Problem to solve: The lines needed are those from the start of the records through the line holding "true → has_independent", each copied exactly.

Supplied material:

■ ■ ■

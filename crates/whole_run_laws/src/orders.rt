//! Which orders a script allows.

ghost use Rattle.std.specs.Prelude.{◌≡◌, ℕ, List, true, false};
ghost use Rattle.nc_base.specs.declared.header.Header.{Header};
ghost use Rattle.nc_base.specs.declared.script.Script.{Script};
ghost use Rattle.nc_base.specs.declared.step.Mark.{Mark};
ghost use Rattle.serial_spec.specs.History.{IsLegal};
ghost use Rattle.serial_spec.specs.Lawful.{is_lawful};
ghost use Rattle.serial_spec.specs.SerialEnd.{serial_from};
ghost use Rattle.whole_run_laws.specs.Orders.{all_meetings, has_independent, has_solo};

/// A script without independent calls has one legal order: its meetings in turn. So its end is a function of script, header and
/// file alone.
pub fn one_order_law()
    ensures no_step_alone { (script : Script) → is_lawful script ≡ true → has_independent script ≡ false → has_solo script ≡ false }
    ensures legal { (script : Script) → is_lawful script ≡ true → has_solo script ≡ false → IsLegal script (all_meetings script) }
    ensures no_other { (script : Script) (order : List Mark) → is_lawful script ≡ true → has_solo script ≡ false → IsLegal script order → order ≡ all_meetings script }
    ensures one_end { (script : Script) (header : Header) (file : List ℕ) (a b : List Mark) → is_lawful script ≡ true → has_solo script ≡ false
        → IsLegal script a → IsLegal script b → serial_from script header file a ≡ serial_from script header file b }
{}
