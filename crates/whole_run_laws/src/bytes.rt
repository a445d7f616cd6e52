//! What a run leaves of each byte.

ghost use Rattle.std.specs.Prelude.{◌≡◌, ℕ, ◌<◌, ◌≤◌, List, length, false, true};
ghost use Rattle.nc_base.specs.declared.header.Header.{Header};
ghost use Rattle.nc_base.specs.declared.script.Script.{Script};
ghost use Rattle.nc_base.specs.declared.step.Mark.{Mark};
ghost use Rattle.serial_spec.specs.File.{at};
ghost use Rattle.serial_spec.specs.HeaderBytes.{header_len};
ghost use Rattle.serial_spec.specs.SoundHeaders.{is_sound};
ghost use Rattle.serial_spec.specs.History.{IsLegal};
ghost use Rattle.serial_spec.specs.Lawful.{is_lawful};
ghost use Rattle.serial_spec.specs.Said.{said_at, byte_or};
ghost use Rattle.serial_spec.specs.SharedByte.{said_by_puts};
ghost use Rattle.serial_spec.specs.SerialEnd.{serial, serial_from, start};
ghost use Rattle.whole_run_laws.specs.Completed.{completed_puts, is_held, IsBesideCount};

/// A byte at the end of a run is that of the last completed put that holds it; one that none holds is as it was, or zero
/// where the file grew, and no byte falls off. The record count's own bytes are left out.
pub fn bytes_law()
    ensures last_put { (script : Script) (header : Header) (file : List ℕ) (order : List Mark) (x : ℕ) → IsBesideCount header x
        → at (serial_from script header file order).bytes x
        ≡ byte_or (said_at (said_by_puts header (completed_puts script header file order)) x) (at file x) }
    ensures as_it_was { (script : Script) (header : Header) (file : List ℕ) (order : List Mark) (x : ℕ) → IsBesideCount header x
        → is_held header (completed_puts script header file order) x ≡ false → at (serial_from script header file order).bytes x ≡ at file x }
    ensures zero_where_it_grew { (script : Script) (header : Header) (file : List ℕ) (order : List Mark) (x : ℕ) → IsBesideCount header x
        → is_held header (completed_puts script header file order) x ≡ false → length file ≤ x → at (serial_from script header file order).bytes x ≡ 0 }
    ensures of_an_opened_dataset { (script : Script) (header : Header) (file : List ℕ) (order : List Mark) (x : ℕ) → script.fresh ≡ false → IsBesideCount header x
        → is_held header (completed_puts script header (start script header file) order) x ≡ false → at (serial script header file order).bytes x ≡ at file x }
    ensures no_shorter { (script : Script) (header : Header) (file : List ℕ) (order : List Mark) → length file ≤ length (serial_from script header file order).bytes }
{}

/// No completed put holds a byte of the header, so at the end its bytes are as they were, but for those of the record count.
pub fn header_law()
    ensures past_header { (script : Script) (header : Header) (file : List ℕ) (order : List Mark) (x : ℕ) → is_sound header ≡ true → is_lawful script ≡ true
        → IsLegal script order → is_held header (completed_puts script header file order) x ≡ true → header_len header ≤ x }
    ensures header_stays { (script : Script) (header : Header) (file : List ℕ) (order : List Mark) (x : ℕ) → is_sound header ≡ true → is_lawful script ≡ true
        → IsLegal script order → IsBesideCount header x → x < header_len header → at (serial_from script header file order).bytes x ≡ at file x }
{}
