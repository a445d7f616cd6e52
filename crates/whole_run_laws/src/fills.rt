//! What is filled, and stays so.

ghost use Rattle.std.specs.Prelude.{◌≡◌, ℕ, ◌+◌, ◌<◌, List, [], ◌∷◌, ◌++◌, flat_map, length, true, false, None, Some, slice_get};
ghost use Rattle.std.specs.List.{range_with_len};
ghost use Rattle.nc_base.specs.declared.answer.Code.TheVariants.{Ok};
ghost use Rattle.nc_base.specs.declared.header.Header.{Header};
ghost use Rattle.nc_base.specs.declared.header.Var.{Var};
ghost use Rattle.nc_base.specs.declared.script.Script.{Script};
ghost use Rattle.nc_base.specs.declared.step.Mark.{Mark};
ghost use Rattle.nc_base.specs.declared.step.Mark.TheVariants.{Meet};
ghost use Rattle.nc_base.specs.declared.step.Offer.{Offer};
ghost use Rattle.serial_spec.specs.ExternalForm.{size_of};
ghost use Rattle.serial_spec.specs.File.{read};
ghost use Rattle.serial_spec.specs.FileStep.{Counted, Setting, meeting, told};
ghost use Rattle.serial_spec.specs.Fill.{box_indices, fill_bytes, filled};
ghost use Rattle.serial_spec.specs.SoundHeaders.{is_sound};
ghost use Rattle.serial_spec.specs.History.{IsLegal};
ghost use Rattle.serial_spec.specs.Lawful.{is_lawful};
ghost use Rattle.serial_spec.specs.Layout.{inner_lengths, is_record};
ghost use Rattle.serial_spec.specs.Place.{IsIndex, place};
ghost use Rattle.serial_spec.specs.Looks.{find_var, look_record};
ghost use Rattle.serial_spec.specs.RankMachine.{code_of_look, posts_of};
ghost use Rattle.serial_spec.specs.Request.{coordinates};
ghost use Rattle.serial_spec.specs.SerialEnd.{Going, serial, state_after};
ghost use Rattle.serial_spec.specs.SerialEnd as serial_end;
ghost use Rattle.whole_run_laws.specs.Completed.{completed_puts, is_held, puts_met};
ghost use Rattle.whole_run_laws.specs.Told.{told_at};
ghost use Rattle.whole_run_laws.specs.Filling.{AllFill, filling, Fills, share_boxes};

/// The shares of all ranks, one after another, have just the indices of a record, in order; and a rank whose filling is not
/// refused puts its share.
pub fn shares_law()
    ensures cover { (lengths : List ℕ) (ranks : ℕ) → 0 < ranks
        → flat_map (λ r. flat_map box_indices (share_boxes lengths r ranks)) (range_with_len 0 ranks) ≡ coordinates lengths }
    ensures puts { (header : Header) (k number r ranks : ℕ) (v : Var) → code_of_look (look_record header k number r ranks v) ≡ Ok
        → posts_of (look_record header k number r ranks v) ≡ filling header k v number ranks r }
{}

/// After a meeting in which every rank fills its share of one record, and none is told a pair, each element of the record has
/// the fill value.
pub fn record_law()
    ensures { (s : Setting) (offers : List Offer) (c : Counted) (k number : ℕ) (v : Var) (index : List ℕ)
        → is_sound s.header ≡ true → slice_get s.header.vars k ≡ Some v → is_record s.header v ≡ true → AllFill s.header k v number offers
        → 0 < length offers → told s (puts_met offers) ≡ None → IsIndex (inner_lengths s.header v) index
        → read (meeting s offers c).0.file (place s.header v (number ∷ index)) (size_of v.kind) ≡ fill_bytes v }
{}

/// Where every rank's next collective call fills its share of one record, is not refused, and tells no pair, each element of
/// the record has the fill value after that meeting.
pub fn fill_call_law()
    ensures { (script : Script) (header : Header) (file : List ℕ) (before later : List Mark) (j k number : ℕ) (name : List ℕ) (v : Var) (index : List ℕ)
        → is_sound header ≡ true → is_lawful script ≡ true → IsLegal script (before ++ Meet j ∷ later)
        → find_var header name ≡ Some k → slice_get header.vars k ≡ Some v
        → ((r : ℕ) (g : Going) → slice_get (state_after script header file before).1 r ≡ Some g → Fills header name number script.ranks r g)
        → told_at script header file before (Meet j) ≡ None
        → IsIndex (inner_lengths header v) index
        → read (state_after script header file (before ++ Meet j ∷ [])).0.file (place header v (number ∷ index)) (size_of v.kind) ≡ fill_bytes v }
{}

/// In a filled dataset each element of a fixed variable has the fill value when the ranks begin, and at the end where no completed
/// put holds one of its bytes.
pub fn dataset_law()
    ensures begins { (header : Header) (file : List ℕ) (k : ℕ) (v : Var) (index : List ℕ) → is_sound header ≡ true → slice_get header.vars k ≡ Some v
        → is_record header v ≡ false → IsIndex (inner_lengths header v) index → read (filled header file) (place header v index) (size_of v.kind) ≡ fill_bytes v }
    ensures ends { (script : Script) (header : Header) (file : List ℕ) (order : List Mark) (k : ℕ) (v : Var) (index : List ℕ)
        → script.fresh ≡ true → script.filled ≡ true → is_sound header ≡ true → slice_get header.vars k ≡ Some v
        → is_record header v ≡ false → IsIndex (inner_lengths header v) index
        → ((i : ℕ) → i < size_of v.kind
        → is_held header (completed_puts script header (serial_end.start script header file) order) (place header v index + i) ≡ false)
        → read (serial script header file order).bytes (place header v index) (size_of v.kind) ≡ fill_bytes v }
{}
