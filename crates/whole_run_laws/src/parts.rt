//! What a call of form varn comes to by its parts.

ghost use Rattle.std.specs.Prelude.{◌≡◌, ℕ, ◌≤◌, List, [], ◌∷◌, flat_map, fold, length, map, false, true, None, Some};
ghost use Rattle.nc_base.specs.declared.answer.Code.TheVariants.{Ok};
ghost use Rattle.nc_base.specs.declared.header.Header.{Header};
ghost use Rattle.nc_base.specs.declared.request.Call.TheVariants.{Get, Put};
ghost use Rattle.nc_base.specs.declared.request.Form.TheVariants.{Varn};
ghost use Rattle.nc_base.specs.declared.request.Given.{Given};
ghost use Rattle.nc_base.specs.declared.request.Values.{Values};
ghost use Rattle.nc_base.specs.declared.script.Script.{Script};
ghost use Rattle.nc_base.specs.declared.step.Mark.{Mark};
ghost use Rattle.serial_spec.specs.FileStep.{Counted, Setting, after_puts, end_for};
ghost use Rattle.serial_spec.specs.Looks.{look};
ghost use Rattle.serial_spec.specs.RankMachine.{code_of_look, posts_of};
ghost use Rattle.serial_spec.specs.SerialEnd.{Going, setting_of, start, state_after};
ghost use Rattle.serial_spec.specs.SharedByte.{Puts};
ghost use Rattle.whole_run_laws.specs.PartCalls.{joined, last_values, makes, on_part, own_values, put_parts, request_values};

/// A call of form varn that is not refused asks, as one request, for all that calls of form vara on its parts ask for, one after
/// another. The part that comes first takes the first of the values.
pub fn parts_law()
    ensures puts { (header : Header) (known id : ℕ) (name : List ℕ) (given : Given) (values : Values) → given.form ≡ Varn
        → code_of_look (look header known id name given (Some values)) ≡ Ok
        → posts_of (look header known id name given (Some values))
        ≡ flat_map (λ part. posts_of (look header known id name (on_part part.0) (Some part.1))) (own_values values 0 given.parts) }
    ensures gets { (header : Header) (known id : ℕ) (name : List ℕ) (given : Given) → given.form ≡ Varn
        → code_of_look (look header known id name given None) ≡ Ok
        → posts_of (look header known id name given None) ≡ flat_map (λ part. posts_of (look header known id name (on_part part) None)) given.parts }
{}

/// The puts of a step without a pair leave what they leave in steps of their own, one after another, in a file that is at least as
/// long as without records; and the file of a run always is.
pub fn in_turn_law()
    ensures one_by_one { (s : Setting) (puts : Puts) (file : List ℕ) → end_for s 0 ≤ length file
        → after_puts s puts None file ≡ fold (λ left put. after_puts s (put ∷ []) None left) file puts }
    ensures long_enough { (script : Script) (header : Header) (file : List ℕ) (order : List Mark)
        → end_for (setting_of script header) 0 ≤ length (state_after script header (start script header file) order).0.file }
{}

/// A rank's independent put of many regions leaves what its puts of the regions leave, one after another.
pub fn varn_put_law()
    ensures { (s : Setting) (number : ℕ) (state : Counted × Going) (name : List ℕ) (given : Given) (values : Values)
        → state.1.rank.independent ≡ true → end_for s 0 ≤ length state.0.file → given.form ≡ Varn
        → code_of_look (look s.header state.1.rank.known 0 name given (Some values)) ≡ Ok
        → (makes s number state (Put false name given values)).0.file ≡ (fold (makes s number) state (put_parts name values given.parts)).0.file }
{}

/// A get of many regions gives the values of gets of the regions, joined: as a request, blocking or not, and in the answer to an
/// independent get.
pub fn varn_get_law()
    ensures request { (s : Setting) (file : List ℕ) (known id : ℕ) (name : List ℕ) (given : Given) → given.form ≡ Varn
        → code_of_look (look s.header known id name given None) ≡ Ok
        → request_values s file id (posts_of (look s.header known id name given None))
        ≡ joined (map (λ part. request_values s file id (posts_of (look s.header known id name (on_part part) None))) given.parts) }
    ensures answer { (s : Setting) (number : ℕ) (state : Counted × Going) (name : List ℕ) (given : Given)
        → state.1.rank.independent ≡ true → end_for s 0 ≤ length state.0.file → given.form ≡ Varn
        → code_of_look (look s.header state.1.rank.known 0 name given None) ≡ Ok
        → last_values (makes s number state (Get false name given)).1
        ≡ joined (map (λ part. last_values (makes s number state (Get false name (on_part part))).1) given.parts) }
{}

■ ■ ■

Exercise result:
filename crates/whole_run_laws/src/orders.rt
//! Which orders a script allows.

ghost use Rattle.std.specs.Prelude.{◌≡◌, ℕ, List, true, false};
ghost use Rattle.nc_base.specs.declared.header.Header.{Header};
ghost use Rattle.nc_base.specs.declared.script.Script.{Script};
ghost use Rattle.nc_base.specs.declared.step.Mark.{Mark};
ghost use Rattle.serial_spec.specs.History.{IsLegal};
ghost use Rattle.serial_spec.specs.Lawful.{is_lawful};
ghost use Rattle.serial_spec.specs.SerialEnd.{serial_from};
ghost use Rattle.whole_run_laws.specs.Orders.{all_meetings, has_independent, has_solo};

/// A script without independent calls has one legal order: its meetings in turn. So its end is a function of script, header and
/// file alone.
pub fn one_order_law()
    ensures no_step_alone { (script : Script) → is_lawful script ≡ true → has_independent script ≡ false → has_solo script ≡ false }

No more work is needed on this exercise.